We’re all out to save some cash when it comes to shopping for the holidays. What could be better than finding a cheap amount of lobster? Well, lots of things, unless you’re one of the dwindling numbers of people who enjoy lobster. This lady clearly does, since she was willing to tear the sea creature out of the package, stuff it down her pants, and then throw the trash into a hiding spot.
We almost feel bad for the employee who discovered this malfeasance, because he had to indicate to others just how strange the lady’s pants looked. That’s never easy, especially for a guy.
Sir, Please Remove Your Pants
We get the impression that this fellow was found out rather quickly. It doesn't matter how baggy your pants are, or how big your pockets are, you can't fit an entire Panasonic Blu-Ray player into them without casting suspicion on yourself. Was it just the machine itself, or was it the entire box, all accessories included?
Well, one way or another, that's not going to fly. Black Friday is already about getting stuff for cheap, why would you do something this stupid, and get charged with theft? It probably wasn't all that expensive anyway. He also could have easily stolen the discs themselves.
Guy Deserves a Medal
Few things are as powerful as the buying public when a brand new device has come out. Sometimes that also happens on or near a Black Friday, and it gets even worse. This story has the Nintendo Wii, which – while not the most popular thing Nintendo has ever made – sold plenty.
It was popular enough, or people were crazy enough, to get into knock-down, drag-out fights with others so they could get a hand on that sweet, sweet video game goodness. Could you imagine how much coffee you had to have in you to be ready for that press? Bless you, kid.
Was it a Big One at Least?
Battle happens. In the crowded aisles of Black Friday, it seems an eventuality. As time passes, the chance of two or three or four shoppers getting into a fight approaches a hundred percent. This employee tells us that he or she saw two shoppers get into a bare-knuckle fight over a toaster. People, hear me! I also love my toaster.
It has four slots and two temperature knobs. I WILL NEVER GET INTO A FIGHT OVER IT! And I got it for free! There are probably more toasters for you to grab, you don't need to bloody each other over it.

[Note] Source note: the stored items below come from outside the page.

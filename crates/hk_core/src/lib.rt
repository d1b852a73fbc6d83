//! The heap's row of words, and the operations of the tasks on it, place by place.
#![tactic(auto)]

mod decide;
mod event;
mod flight;
mod laws;
mod machine;
mod opening;
mod outcome;
mod promise;
mod spot;
mod spotted;
mod starting;
mod stepping;
mod stepping_links;
mod stepping_new;
#[cfg(test)]
mod tests;
mod took;
mod whole;
mod whole_links;
mod whole_new;

pub use event::Event;
pub use flight::{Flight, reference_size, reserved_fits};
pub use hk_model::Memory;
pub use laws::{
    fresh_numbers, inside_an_object, lawful_states, news_without_room, places_in_order,
    steps_of_a_call,
};
pub use machine::Core;
pub use opening::opening_row;
pub use outcome::{Fault, Outcome, Step};
pub use promise::lawful_states_promise;
pub use spot::{Line, Spot, Stage, Work};
pub use starting::{MAX_CALLS, flight_by, refusal_by};
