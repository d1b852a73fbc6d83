//! The step of a call that goes through one object, or through none: each function does the event of one place.
ghost use Rattle.std.specs.Prelude.{◌≡◌, ◌<◌};
ghost use Rattle.hk_words.specs.Geometry.{tasks};
ghost use Rattle.hk_words.specs.Layout.{header_place};
ghost use Rattle.hk_words.specs.declared.call.Call.TheVariants.{Get, Put, Move, Clear};
ghost use Rattle.hk_core.specs.State.{flight_of};
ghost use Rattle.hk_core.specs.Step as table;
ghost use Rattle.hk_core.specs.Fits.{NamesNumber};
ghost use Rattle.hk_core.specs.AtCall.{next_in, answer_in, FitsIn, FiresIn, passed, Passes, inside, to_place, to_idle, writes_item, moved_on, ended};
ghost use Rattle.hk_core.specs.declared.outcome.Step.TheVariants.{Going, Ended};

use crate::{Core, Event, Flight, Outcome, Step};
use hk_words::{ENTER, LEAVE, Reply, header_place, reference_number};

impl Core {
    /// Does the next place of a Get.
    #[tactic(auto, unfolding(crate::specs::Step::event_at, crate::specs::Step::took_at, crate::specs::Step::get_event, crate::specs::Step::get_took, crate::specs::Step::read_cell, crate::specs::State::flight_of, crate::specs::Event::fired_if, crate::specs::Event::learnt))]
    pub(crate) fn get_step(&mut self, seat: u8, reg: u8, field: u8) -> Step
        requires seat { seat < tasks self.old.geometry }
        requires fits { FitsIn self.old seat (Get reg field) }
        requires fires { FiresIn self.old seat (Get reg field) }
        ensures next { self.new ≡ next_in self.old seat (Get reg field) }
        ensures step { result ≡ answer_in self.old seat (Get reg field) }
    {
        match self.place(seat) {
            1 => self.enter_object(seat, 2),
            2 => {
                let cell = self.space_at(self.flights[seat as usize].number_cell(field));
                let number = self.fire(Event::Load(cell));
                let flight = &mut self.flights[seat as usize];
                flight.item = number;
                flight.place = 3;
                Step::Going
            },
            3 => {
                let number = self.flights[seat as usize].item;
                self.end_inside(seat, Outcome::Done(Reply::Num(number)))
            },
            _ => Step::Going,
        }
    }

    /// Does the next place of a Put.
    #[tactic(auto, unfolding(crate::specs::Step::event_at, crate::specs::Step::took_at, crate::specs::Step::put_event, crate::specs::Step::put_took, crate::specs::Step::write_cell, crate::specs::State::flight_of, crate::specs::Event::fired_if, crate::specs::Event::learnt))]
    pub(crate) fn put_step(&mut self, seat: u8, reg: u8, field: u8, value: u64) -> Step
        requires seat { seat < tasks self.old.geometry }
        requires fits { FitsIn self.old seat (Put reg field value) }
        requires fires { FiresIn self.old seat (Put reg field value) }
        ensures next { self.new ≡ next_in self.old seat (Put reg field value) }
        ensures step { result ≡ answer_in self.old seat (Put reg field value) }
    {
        match self.place(seat) {
            1 => self.enter_object(seat, 2),
            2 => {
                let cell = self.space_at(self.flights[seat as usize].number_cell(field));
                self.fire(Event::Write(cell, value));
                self.move_on(seat, 3)
            },
            3 => self.end_inside(seat, Outcome::Done(Reply::Unit)),
            _ => Step::Going,
        }
    }

    /// Does the next place of a Move.
    #[tactic(auto, unfolding(crate::specs::Step::event_at, crate::specs::Step::took_at, crate::specs::Step::move_event, crate::specs::Step::move_took, crate::specs::State::flight_of, crate::specs::Event::fired_if, crate::specs::Event::learnt))]
    pub(crate) fn move_step(&mut self, seat: u8, dest: u8, from: u8) -> Step
        requires seat { seat < tasks self.old.geometry }
        requires own { (flight_of self.old.flights seat).seat < tasks self.old.geometry }
        requires fits { FitsIn self.old seat (Move dest from) }
        requires fires { FiresIn self.old seat (Move dest from) }
        ensures next { self.new ≡ next_in self.old seat (Move dest from) }
        ensures step { result ≡ answer_in self.old seat (Move dest from) }
    {
        match self.place(seat) {
            1 => self.enter_frame(seat, 2),
            2 => self.write_item(seat, dest, 3),
            3 => self.end_framed(seat, Outcome::Done(Reply::Unit)),
            _ => Step::Going,
        }
    }

    /// Does the next place of a Clear.
    #[tactic(auto, unfolding(crate::specs::Step::event_at, crate::specs::Step::took_at, crate::specs::Step::clear_event, crate::specs::Step::clear_took, crate::specs::Step::write_register, crate::specs::State::flight_of, crate::specs::Event::fired_if, crate::specs::Event::learnt))]
    pub(crate) fn clear_step(&mut self, seat: u8, dest: u8) -> Step
        requires seat { seat < tasks self.old.geometry }
        requires own { (flight_of self.old.flights seat).seat < tasks self.old.geometry }
        requires fits { FitsIn self.old seat (Clear dest) }
        requires fires { FiresIn self.old seat (Clear dest) }
        ensures next { self.new ≡ next_in self.old seat (Clear dest) }
        ensures step { result ≡ answer_in self.old seat (Clear dest) }
    {
        match self.place(seat) {
            1 => {
                let register = self.register_at(self.flights[seat as usize].seat, dest);
                self.fire(Event::Write(register, 0));
                self.end(seat, Outcome::Done(Reply::Unit))
            },
            _ => Step::Going,
        }
    }

    /// Enters the object of the seat's call, which goes on to a place inside it.
    #[tactic(auto, unfolding(crate::specs::Step::enter_object, crate::specs::State::flight_of, crate::specs::Event::fired_if, crate::specs::Event::learnt))]
    pub(crate) fn enter_object(&mut self, seat: u8, place: u8) -> Step
        requires seat { seat < tasks self.old.geometry }
        requires number { NamesNumber self.old.geometry (flight_of self.old.flights seat).entered }
        requires fires { Passes self.old seat table.enter_object }
        ensures next { self.new ≡ passed self.old seat table.enter_object (inside place) }
        ensures step { result ≡ Going }
    {
        let head = self.header_at(reference_number(self.flights[seat as usize].entered));
        let header = self.fire(Event::Add(head, ENTER));
        let flight = &mut self.flights[seat as usize];
        flight.at = header_place(header);
        flight.place = place;
        Step::Going
    }

    /// Leaves the object of the seat's call, which goes on to a place.
    #[tactic(auto, unfolding(crate::specs::Step::leave_object, crate::specs::State::flight_of, crate::specs::Event::fired_if))]
    pub(crate) fn leave_object(&mut self, seat: u8, place: u8) -> Step
        requires seat { seat < tasks self.old.geometry }
        requires number { NamesNumber self.old.geometry (flight_of self.old.flights seat).entered }
        requires fires { Passes self.old seat table.leave_object }
        ensures next { self.new ≡ passed self.old seat table.leave_object (to_place place) }
        ensures step { result ≡ Going }
    {
        let head = self.header_at(reference_number(self.flights[seat as usize].entered));
        self.fire(Event::Sub(head, LEAVE));
        self.move_on(seat, place)
    }

    /// Leaves the object of the seat's call, which ends so.
    #[tactic(auto, unfolding(crate::specs::Step::leave_object, crate::specs::State::flight_of, crate::specs::Event::fired_if))]
    pub(crate) fn end_inside(&mut self, seat: u8, outcome: Outcome) -> Step
        requires seat { seat < tasks self.old.geometry }
        requires number { NamesNumber self.old.geometry (flight_of self.old.flights seat).entered }
        requires fires { Passes self.old seat table.leave_object }
        ensures next { self.new ≡ passed self.old seat table.leave_object to_idle }
        ensures step { result ≡ Ended outcome }
    {
        let head = self.header_at(reference_number(self.flights[seat as usize].entered));
        self.fire(Event::Sub(head, LEAVE));
        self.end(seat, outcome)
    }

    /// Enters the frame of the seat's call, which goes on to a place.
    #[tactic(auto, unfolding(crate::specs::Step::enter_frame, crate::specs::State::flight_of, crate::specs::Event::fired_if))]
    pub(crate) fn enter_frame(&mut self, seat: u8, place: u8) -> Step
        requires seat { seat < tasks self.old.geometry }
        requires own { (flight_of self.old.flights seat).seat < tasks self.old.geometry }
        requires fires { Passes self.old seat table.enter_frame }
        ensures next { self.new ≡ passed self.old seat table.enter_frame (to_place place) }
        ensures step { result ≡ Going }
    {
        let frame = self.frame_at(self.flights[seat as usize].seat);
        self.fire(Event::Add(frame, ENTER));
        self.move_on(seat, place)
    }

    /// Leaves the frame of the seat's call, which ends so.
    #[tactic(auto, unfolding(crate::specs::Step::leave_frame, crate::specs::State::flight_of, crate::specs::Event::fired_if))]
    pub(crate) fn end_framed(&mut self, seat: u8, outcome: Outcome) -> Step
        requires seat { seat < tasks self.old.geometry }
        requires own { (flight_of self.old.flights seat).seat < tasks self.old.geometry }
        requires fires { Passes self.old seat table.leave_frame }
        ensures next { self.new ≡ passed self.old seat table.leave_frame to_idle }
        ensures step { result ≡ Ended outcome }
    {
        let frame = self.frame_at(self.flights[seat as usize].seat);
        self.fire(Event::Sub(frame, LEAVE));
        self.end(seat, outcome)
    }

    /// Writes the reference that the seat's call holds to a register. The call goes on to a place.
    #[tactic(auto, unfolding(crate::specs::Step::write_register, crate::specs::State::flight_of, crate::specs::Event::fired_if))]
    pub(crate) fn write_item(&mut self, seat: u8, dest: u8, place: u8) -> Step
        requires seat { seat < tasks self.old.geometry }
        requires own { (flight_of self.old.flights seat).seat < tasks self.old.geometry }
        requires dest { dest < self.old.geometry.registers }
        requires fires { Passes self.old seat (writes_item dest) }
        ensures next { self.new ≡ passed self.old seat (writes_item dest) (to_place place) }
        ensures step { result ≡ Going }
    {
        let flight = &self.flights[seat as usize];
        let item = flight.item;
        let register = self.register_at(flight.seat, dest);
        self.fire(Event::Write(register, item));
        self.move_on(seat, place)
    }

    /// The next place of the seat's call.
    #[tactic(auto, unfolding(crate::specs::State::flight_of))]
    pub(crate) fn place(&self, seat: u8) -> u8
        requires { seat < tasks self.now.geometry }
        ensures { result ≡ (flight_of self.now.flights seat).place }
    {
        self.flights[seat as usize].place
    }

    /// The seat's call goes on to a place.
    #[tactic(auto, unfolding(crate::specs::State::flight_of))]
    pub(crate) fn move_on(&mut self, seat: u8, place: u8) -> Step
        requires { seat < tasks self.old.geometry }
        ensures next { self.new ≡ moved_on self.old seat place }
        ensures step { result ≡ Going }
    {
        self.flights[seat as usize].place = place;
        Step::Going
    }

    /// The seat's call ends: its flight is idle.
    #[tactic(auto, unfolding(crate::specs::State::flight_of))]
    pub(crate) fn end(&mut self, seat: u8, outcome: Outcome) -> Step
        requires { seat < tasks self.old.geometry }
        ensures next { self.new ≡ ended self.old seat }
        ensures step { result ≡ Ended outcome }
    {
        let flight = &mut self.flights[seat as usize];
        *flight = Flight::idle(flight.seat);
        Step::Ended(outcome)
    }
}
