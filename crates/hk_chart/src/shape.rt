//! What is drawn of a run.
ghost use Rattle.std.specs.Prelude.{◌≡◌, [], IfOk};
ghost use Rattle.hk_chart.specs.Shapes.{is_same, with_shape, with_bar};

use crate::trace_line::Cause;
use std::alloc::{AllocError, Global};
use std::marker::Model;

/// The most shapes of a picture, a run of ticks that is still open aside.
pub const MAX_SHAPES: usize = 1_048_576;

/// Where a tick is drawn.
#[derive(Clone, Copy, Debug, PartialEq, Eq)]
pub enum Lane {
    /// In the lane of a task, by its place.
    Task(u8),
    /// In that of the collector.
    Collector,
    /// There too, in another colour: the end of an attempt that a task spoiled.
    Lost,
    /// In that of nobody.
    Nobody,
}

/// A run of equal ticks: the first and the last.
#[derive(Clone, Copy, Debug)]
pub struct Bar {
    pub lane: Lane,
    pub first: u32,
    pub last: u32,
}

/// A shape of a picture.
#[derive(Clone, Copy, Debug)]
pub enum Shape {
    /// A rectangle for a run of equal ticks.
    Bar(Bar),
    /// An attempt of so many events that was lost.
    Lost {
        tick: u32,
        events: u64,
    },
    /// What a task put out.
    Out {
        tick: u32,
        lane: u8,
        value: u64,
    },
    /// The fault of a job.
    Fault {
        tick: u32,
        lane: u8,
        job: u32,
        statement: u32,
        cause: Cause,
    },
    /// The arrival of a job.
    Arrival {
        moment: u64,
        lane: u8,
        job: u32,
    },
    /// The deadline of a job.
    Deadline {
        moment: u64,
        lane: u8,
        job: u32,
    },
    /// The end of a job with a tick, so many ticks after its arrival.
    End {
        tick: u32,
        lane: u8,
        job: u32,
        ticks: u32,
    },
}

/// The shapes in the order of the trace. A contract sees the list.
#[derive(Debug, Drop)]
pub struct Shapes {
    items: Vec<Shape>,
}

impl Model for Shapes {
    ghost use Rattle.std.specs.Prelude.{List};
    ghost use Rattle.hk_chart.specs.declared.shape.Shape.{Shape};

    ghost Value = { List Shape };

    ghost view = { λ shapes. shapes.items.items };
}

impl Lane {
    /// Whether it is the same.
    pub fn is(self, other: Lane) -> bool
        ensures { result ≡ is_same self other }
    {
        match (self, other) {
            (Lane::Task(a), Lane::Task(b)) => a == b,
            (Lane::Collector, Lane::Collector)
            | (Lane::Lost, Lane::Lost)
            | (Lane::Nobody, Lane::Nobody) => true,
            _ => false,
        }
    }
}

impl Shapes {
    /// None.
    pub fn new(alloc: Global) -> Shapes
        ensures { result ≡ [] }
    {
        Shapes {
            items: Vec::new(alloc),
        }
    }

    /// The list.
    pub fn all(&self) -> &[Shape]
        ensures { result.now ≡ self.now }
    {
        self.items.as_slice()
    }

    /// Adds a shape, if there is one.
    pub fn add(&mut self, shape: Option<Shape>) -> Result<(), AllocError>
        ensures { IfOk result (λ _. self.new ≡ with_shape self.old shape) }
    {
        match shape {
            Some(shape) => {
                self.items.push(shape)?;
                Ok(())
            }
            None => Ok(()),
        }
    }

    /// Adds a rectangle, if there is one.
    pub fn add_bar(&mut self, bar: Option<Bar>) -> Result<(), AllocError>
        ensures { IfOk result (λ _. self.new ≡ with_bar self.old bar) }
    {
        match bar {
            Some(bar) => {
                self.items.push(Shape::Bar(bar))?;
                Ok(())
            }
            None => Ok(()),
        }
    }
}
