//! What a lawful state promises: a law over the definitions alone.
ghost use Rattle.hk_core.specs.Promise.{LawfulKeepsPromises};

/// A lawful state stands for the plain heap after its history. Each object that can be reached, or that a call goes
/// through, shows the cells of its birth, in words of its own; the lists of free numbers name nothing that is in use;
/// nothing black refers to anything white; the ranges tile the words that are reserved; words that nobody uses are 0; from
/// the sweep on nothing white can be reached; and versions have a bound.
pub fn lawful_states_promise()
    ensures promises { LawfulKeepsPromises }
{}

Want to be friendly to your local law enforcement agent in a hurry? Punch them in the face. Security guards on Black Friday are already going to be keyed up for all the madness and chaos that the day brings – starting out by popping one in the face doesn't seem like a very good tactic.
That's the kind of thing that will, at the very least, teach you a lesson about keeping your hands to your face. Or, you'll get to spend the night in a nice, cold, local jail cell. It's also a good way to make sure all the other shoppers are on their best behavior. The guy already got a punch.